**PROVIDED DATA:**
/// Notifies the first stale observer, which is `stale` (RFC 7641 section 4.2).
///
/// The entry stays, with the current state as the last one sent, if a 2.05 is sent whole. Otherwise the entry is
/// removed.
pub(crate) fn notify(
    link: &mut Link,
    observers: &mut Observers,
    shared: &ServerState,
    stale: StaleObserver,
)
    requires ready { IsReady link.old }
    requires answering { IsAnswering link.old.phase }
    requires first { IsFirstStale shared.now observers.old.entries stale }
    requires marked { AreMarked shared.now observers.old.entries observers.old.marks }
    ensures link { (o : ObserverValue) → slice_get observers.old.entries stale.index ≡ Some o →
        link.new ≡ link_after link.old (call.Reply (notification_on shared.entry.now o)) }
    ensures entries { (o : ObserverValue) → slice_get observers.old.entries stale.index ≡ Some o →
        observers.new.entries ≡ entries_notified shared.entry.now link.old observers.old.entries o }
    ensures room { observers.new.room ≡ observers.old.room }
    ensures marked { AreMarked shared.entry.now observers.new.entries observers.new.marks }
{
    let observer = observers.get(stale.index);
    let mut plan = Plan::new();
    let observed = ObservedPath {
        path: &observer.path,
        kind: observer.kind(),
        near: observer.index,
    };
    let index = shared
        .store
        .fill_notification(observed, observer.format, shared.now, &mut plan);
    let goes_on = plan.code() == Code::CONTENT;
    let reply = respond(link, &TokenRef::of(&observer.token), &plan, goes_on);
    if goes_on && is_whole(reply) {
        observers.set_mark(stale.index, stale.mark, index);
    } else {
        observers.remove(stale.index);
    }
}
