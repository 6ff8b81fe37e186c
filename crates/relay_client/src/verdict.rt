//! The verdict of a reply on a place.
ghost use Rattle.std.specs.Prelude.{◌≡◌, ◌≤◌, length, map, take, IfOk};
ghost use Rattle.relay_lines.specs.Reply.{last_text};
ghost use Rattle.relay_book.specs.Record.{refusal_limit};
ghost use Rattle.relay_course.specs.VerdictTable.{content_verdict_by, rcpt_verdict, refusal};
ghost use Rattle.relay_lines.specs.Word.{shown};
ghost use Rattle.relay_client.specs.Settled.{verdict_as};

use relay_book::{REFUSAL_LIMIT, Verdict};
use relay_course::{ReplyKind, kind_of};
use relay_lines::Reply;
use relay_lines::word::all_shown;
use relay_octets::Octets;
use std::alloc::{AllocError, Global};

/// The reply code of a server whose storage for this mail is exceeded (RFC 5321, section 4.5.3.1.10):
/// at a RCPT it means that there are too many of them for now.
const STORAGE_EXCEEDED: u16 = 552;

/// The effect of a reply to RCPT on its place.
#[derive(Clone, Copy)]
pub(crate) enum RcptAnswer {
    /// The place is accepted: the reply to the content decides.
    Accepts,
    /// The place may be tried again.
    Delays,
    /// The place is refused for good.
    Rejects,
}

/// Returns what this reply to a RCPT does with its place. Allocates nothing.
pub(crate) fn rcpt_answer(reply: &Reply) -> RcptAnswer
    ensures { verdict_as result reply.now ≡ rcpt_verdict reply.now }
{
    match kind_of(reply.code()) {
        ReplyKind::Completion => RcptAnswer::Accepts,
        ReplyKind::Intermediate => RcptAnswer::Delays,
        ReplyKind::Transient => RcptAnswer::Delays,
        ReplyKind::Permanent => {
            if reply.code() == STORAGE_EXCEEDED {
                RcptAnswer::Delays
            } else {
                RcptAnswer::Rejects
            }
        }
    }
}

/// Returns a copy of a verdict. Fails if memory runs out.
pub(crate) fn copy_of(alloc: Global, verdict: &Verdict) -> Result<Verdict, AllocError>
    ensures { IfOk result (λ copy. copy ≡ verdict.now) }
{
    match verdict {
        Verdict::Taken { dsn } => Ok(Verdict::Taken { dsn: *dsn }),
        Verdict::Refused { code, text } => Ok(Verdict::Refused {
            code: *code,
            text: Octets::from_slice(alloc, text.as_slice())?,
        }),
        Verdict::Later => Ok(Verdict::Later),
        Verdict::CantSend => Ok(Verdict::CantSend),
        Verdict::NoRoute => Ok(Verdict::NoRoute),
        Verdict::Withdrawn(withdrawal) => Ok(Verdict::Withdrawn(*withdrawal)),
    }
}

/// Returns the refusal that a reply is. Fails if memory runs out.
pub(crate) fn refusal(alloc: Global, reply: &Reply) -> Result<Verdict, AllocError>
    ensures { IfOk result (λ verdict. verdict ≡ refusal reply.now) }
{
    let text = kept_text(alloc, reply)?;
    Ok(Verdict::Refused {
        code: reply.code(),
        text: Octets::new(text),
    })
}

/// The text of a refusal as it is kept. Fails if memory runs out.
pub(crate) fn kept_text(alloc: Global, reply: &Reply) -> Result<Vec<u8>, AllocError>
    ensures shown { IfOk result (λ text.
        text.items ≡ map shown (take refusal_limit (last_text reply.now.lines))) }
    ensures short { IfOk result (λ text. length text.items ≤ refusal_limit) }
{
    all_shown(alloc, kept_of(reply.last_text()))
}

/// What is kept of a text.
#[tactic(auto, using(crate::proofs::SettledLemmas::take_short))]
fn kept_of(text: &[u8]) -> &[u8]
    ensures { result.now ≡ take refusal_limit text.now }
{
    if text.len() < REFUSAL_LIMIT {
        text
    } else {
        &text[..REFUSAL_LIMIT]
    }
}

/// Returns what the reply to the content says of the places that are left, at a server that offers DSN or doesn't.
/// Fails if memory runs out.
pub(crate) fn content_verdict(
    alloc: Global,
    dsn: bool,
    kind: ReplyKind,
    reply: &Reply,
) -> Result<Verdict, AllocError>
    ensures { IfOk result (λ verdict. verdict ≡ content_verdict_by dsn kind reply.now) }
{
    match kind {
        ReplyKind::Completion => Ok(Verdict::Taken { dsn }),
        ReplyKind::Intermediate => Ok(Verdict::Later),
        ReplyKind::Transient => Ok(Verdict::Later),
        ReplyKind::Permanent => refusal(alloc, reply),
    }
}
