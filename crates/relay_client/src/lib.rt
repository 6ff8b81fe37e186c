//! The client's end of one connection, which relays a message to some of its recipients: it reads replies, returns the
//! octets for the server, and at the end a verdict for each recipient.
#![tactic(auto)]

mod action;
mod attempt;
mod command;
mod conversation;
mod group;
pub mod laws;
mod mail_object;
mod settled;
mod verdict;
mod verdicts;
mod waits;

pub use attempt::{Attempt, Driven};
pub use mail_object::MailObject;
pub use verdicts::Verdicts;
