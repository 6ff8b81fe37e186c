ghost use Rattle.std.specs.Prelude.{◌≡◌, [], ◌∷◌, ◌++◌, OnOk, MatchOption, IsTrue, ◌↔◌};

use relay_course::Awaited;
use std::alloc::{AllocError, Global};
use std::collections::VecDeque;
use std::marker::Model;

/// The commands that await a reply, the earliest first (RFC 2920, section 3.1).
#[derive(Drop)]
pub(crate) struct Waits {
    queue: VecDeque<Awaited>,
}

impl Model for Waits {
    ghost use Rattle.std.specs.Prelude.{List};
    ghost use Rattle.relay_course.specs.declared.awaited.Awaited.{Awaited};

    ghost Value = { List Awaited };

    ghost view = { λ waits. waits.queue.items };
}

impl Waits {
    /// Nothing waits. Allocates nothing.
    pub(crate) fn new(alloc: Global) -> Self
        ensures { result ≡ [] }
    {
        Waits {
            queue: VecDeque::new(alloc),
        }
    }

    /// A command was written, and waits after the others. Fails if memory runs out.
    pub(crate) fn push(&mut self, waited: Awaited) -> Result<(), AllocError>
        ensures { OnOk result (self.new ≡ self.old ++ waited ∷ []) }
    {
        self.queue.push_back(waited)?;
        Ok(())
    }

    /// Takes the earliest, to which a reply has come.
    pub(crate) fn take_first(&mut self) -> Option<Awaited>
        ensures { MatchOption result ((self.old ≡ []) × (self.new ≡ []))
            (λ waited. self.old ≡ waited ∷ self.new) }
    {
        self.queue.pop_front()
    }

    /// Returns whether nothing waits.
    pub(crate) fn is_empty(&self) -> bool
        ensures { IsTrue result ↔ (self.now ≡ []) }
    {
        self.queue.is_empty()
    }
}
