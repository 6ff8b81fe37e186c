ghost use Rattle.std.specs.Prelude.{◌≡◌, ◌<◌, ◌≤◌, ℕ, List, [], ◌++◌, take, length, Some, None, OnErr, IfOk, MatchBool};
ghost use Rattle.std.specs.Prelude.{false, true};
ghost use Rattle.relay_envelope.specs.declared.envelope.Envelope.{Envelope};
ghost use Rattle.relay_course.specs.Course.{IsCourse};
ghost use Rattle.relay_course.specs.Progress.{Delivery};
ghost use Rattle.relay_course.specs.Settling.{Settles};
ghost use Rattle.relay_book.specs.declared.change.Verdict.{Verdict};
ghost use Rattle.relay_client.specs.Conversation.{IsDeliveryOf};
ghost use Rattle.relay_client.specs.Attempt.{Follows, FollowsOn, HasFailed, KeepsOn, KeepsTo, Turns, places_of};
ghost use Rattle.relay_client.specs.Attempt.{stage_by};
ghost use Rattle.relay_course.specs.VerdictTable.{all_later};

use crate::conversation::Conversation;
use crate::mail_object::MailObject;
use crate::verdicts::Verdicts;
use relay_lines::{ReplyFault, ReplyReader};
use std::alloc::{AllocError, Global};

/// What a feed has done.
#[derive(Drop)]
pub struct Driven {
    /// How many octets of the piece it has used: all, unless the attempt ends.
    pub used: usize,
    /// The octets for the server.
    pub out: Vec<u8>,
    /// The verdicts of the places in order, where the attempt has ended.
    pub verdicts: Option<Verdicts>,
}

/// What one reply, or a part of one, has done.
#[derive(Drop)]
struct Step {
    used: usize,
    verdicts: Option<Verdicts>,
}

/// The state of an attempt.
#[derive(Clone, Copy)]
enum Stage {
    /// It waits for replies.
    Running,
    /// It has given its verdicts.
    Ended,
    /// Memory ran out.
    Failed,
}

/// The client's end of one connection: an attempt to relay a message to some of its recipients (RFC 5321, section 3.3).
/// It holds nothing of the message, which each feed borrows.
pub struct Attempt {
    reader: ReplyReader,
    talk: Conversation,
    stage: Stage,
}

// Written out, so that the proof of a caller that drops an attempt stops at this function.
impl Drop for Attempt {
    fn drop(self) {
        let Attempt {
            reader: _reader,
            talk: _talk,
            stage: _,
        } = self;
    }
}

impl Attempt {
    /// An attempt of this host that waits for the greeting of a server, for these places of a message, from 0, each at
    /// most once. Fails if memory runs out.
    pub fn begin(alloc: Global, host: &[u8], places: Vec<u8>) -> Result<Self, AllocError>
        ensures follows { IfOk result (λ attempt. (envelope : Envelope) (text : List ℕ)
            → Follows attempt host.now envelope text places.items [] []) }
        ensures places { IfOk result (λ attempt. places_of attempt ≡ places.items) }
    {
        Ok(Attempt {
            reader: ReplyReader::new(alloc),
            talk: Conversation::begin(alloc, host, places)?,
            stage: Stage::Running,
        })
    }

    /// Uses the next piece of what the server wrote, to the attempt's end or all of it, and writes what the replies in
    /// it lead to. The message is the same at each call. If octets are no reply, all places may be tried again, and the
    /// whole piece is used. After its end an attempt uses and writes nothing.
    ///
    /// Fails if memory runs out, and from then on each call does.
    pub fn feed(&mut self, mail: &MailObject<'_>, piece: &[u8]) -> Result<Driven, AllocError>
        ensures follows { IfOk result (λ driven. (host places input output : List ℕ)
            → Follows self.old host mail.now.envelope.now mail.now.stored_text.now places input output
            → FollowsOn self.new host mail.now.envelope.now mail.now.stored_text.now places
            (input ++ take driven.used piece.now) (output ++ driven.out.items) driven.verdicts) }
        ensures settled { IfOk result (λ driven. (host places input output : List ℕ) (verdicts : List Verdict)
            → Follows self.old host mail.now.envelope.now mail.now.stored_text.now places input output
            → driven.verdicts ≡ Some verdicts
            → Settles mail.now.stored_text.now places (input ++ take driven.used piece.now) false verdicts) }
        ensures turns { IfOk result (λ driven. Turns self.old self.new driven (length piece.now)) }
        ensures within { IfOk result (λ driven. driven.used ≤ length piece.now) }
        ensures failed { OnErr result (HasFailed self.new) }
    {
        match self.stage {
            Stage::Running => {
                self.stage = Stage::Failed;
                let driven = self.drive(mail, piece)?;
                self.stage = stage_after(&driven);
                Ok(driven)
            }
            Stage::Ended => Ok(Driven {
                used: 0,
                out: Vec::new(self.talk.alloc),
                verdicts: None,
            }),
            Stage::Failed => Err(AllocError),
        }
    }

    /// The verdicts where the connection is lost: each place may be tried again. Fails if memory runs out.
    ///
    /// It asks nothing of the stage. An attempt that has ended, or failed, answers as one that runs: Later
    /// for each of its places, whatever verdicts it has given. So what was given at the end stands, and a
    /// loss told after it says nothing of the places.
    pub fn broken(&self) -> Result<Verdicts, AllocError>
        ensures lost { IfOk result (λ verdicts.
            (host text places input output : List ℕ) (envelope : Envelope)
            → Follows self.now host envelope text places input output
            → IsCourse host envelope text places input true output (Some verdicts)) }
        ensures later { IfOk result (λ verdicts. verdicts ≡ all_later (places_of self.now)) }
    {
        self.talk.all_later()
    }

    /// Uses the piece up to the attempt's end, or all of it.
    fn drive(&mut self, mail: &MailObject<'_>, piece: &[u8]) -> Result<Driven, AllocError>
        ensures keeps { IfOk result (λ driven. (delivery : Delivery) (input output : List ℕ)
            → IsDeliveryOf delivery mail.now
            → KeepsTo self.old.reader self.old.talk delivery input output
            → KeepsOn self.new.reader self.new.talk delivery (input ++ take driven.used piece.now)
            (output ++ driven.out.items) driven.verdicts) }
        ensures whole { IfOk result (λ driven. driven.verdicts ≡ None → driven.used ≡ length piece.now) }
        ensures within { IfOk result (λ driven. driven.used ≤ length piece.now) }
        ensures stage { self.new.stage ≡ self.old.stage }
    {
        let mut out = Vec::new(self.talk.alloc);
        let mut used = 0;
        while used < piece.len() {
            let step = self.step(mail, &piece[used..], &mut out)?;
            used += step.used;
            if let Some(verdicts) = step.verdicts {
                return Ok(Driven {
                    used,
                    out,
                    verdicts: Some(verdicts),
                });
            }
        }
        Ok(Driven {
            used,
            out,
            verdicts: None,
        })
    }

    /// Uses the octets up to the end of a reply and does what it asks for, or uses all of them.
    fn step(
        &mut self,
        mail: &MailObject<'_>,
        rest: &[u8],
        out: &mut Vec<u8>,
    ) -> Result<Step, AllocError>
        requires { 0 < length rest.now }
        ensures keeps { IfOk result (λ step. (delivery : Delivery) (input output : List ℕ)
            → IsDeliveryOf delivery mail.now
            → KeepsTo self.old.reader self.old.talk delivery input (output ++ out.old.items)
            → KeepsOn self.new.reader self.new.talk delivery (input ++ take step.used rest.now)
            (output ++ out.new.items) step.verdicts) }
        ensures within { IfOk result (λ step. (0 < step.used) × (step.used ≤ length rest.now)) }
        ensures stage { self.new.stage ≡ self.old.stage }
    {
        match self.reader.feed(rest) {
            Ok(cut) => {
                let used = cut.used;
                if let Some(reply) = cut.reply {
                    let verdicts = self.talk.answer(mail, reply, out)?;
                    return Ok(Step { used, verdicts });
                }
                Ok(Step {
                    used,
                    verdicts: None,
                })
            }
            Err(fault) => {
                if is_no_memory(fault) {
                    return Err(AllocError);
                }
                let verdicts = self.talk.all_later()?;
                Ok(Step {
                    used: rest.len(),
                    verdicts: Some(verdicts),
                })
            }
        }
    }
}

/// The stage of an attempt that was running and has done this.
fn stage_after(driven: &Driven) -> Stage
    ensures { result ≡ stage_by driven.now.verdicts }
{
    match &driven.verdicts {
        Some(_) => Stage::Ended,
        None => Stage::Running,
    }
}

/// Returns whether the fault is that memory ran out.
fn is_no_memory(fault: ReplyFault) -> bool
    ensures { MatchBool result (fault ≡ ReplyFault.NoMemory) (¬ (fault ≡ ReplyFault.NoMemory)) }
{
    match fault {
        ReplyFault::NoMemory => true,
        ReplyFault::BadLine => false,
        ReplyFault::MixedCodes => false,
        ReplyFault::TooLong => false,
    }
}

**WORK REQUEST:** Give the number of lines in the data above that include the word "Intermediate", with no other words.

**RESPONSE FOR THIS EXERCISE:** 2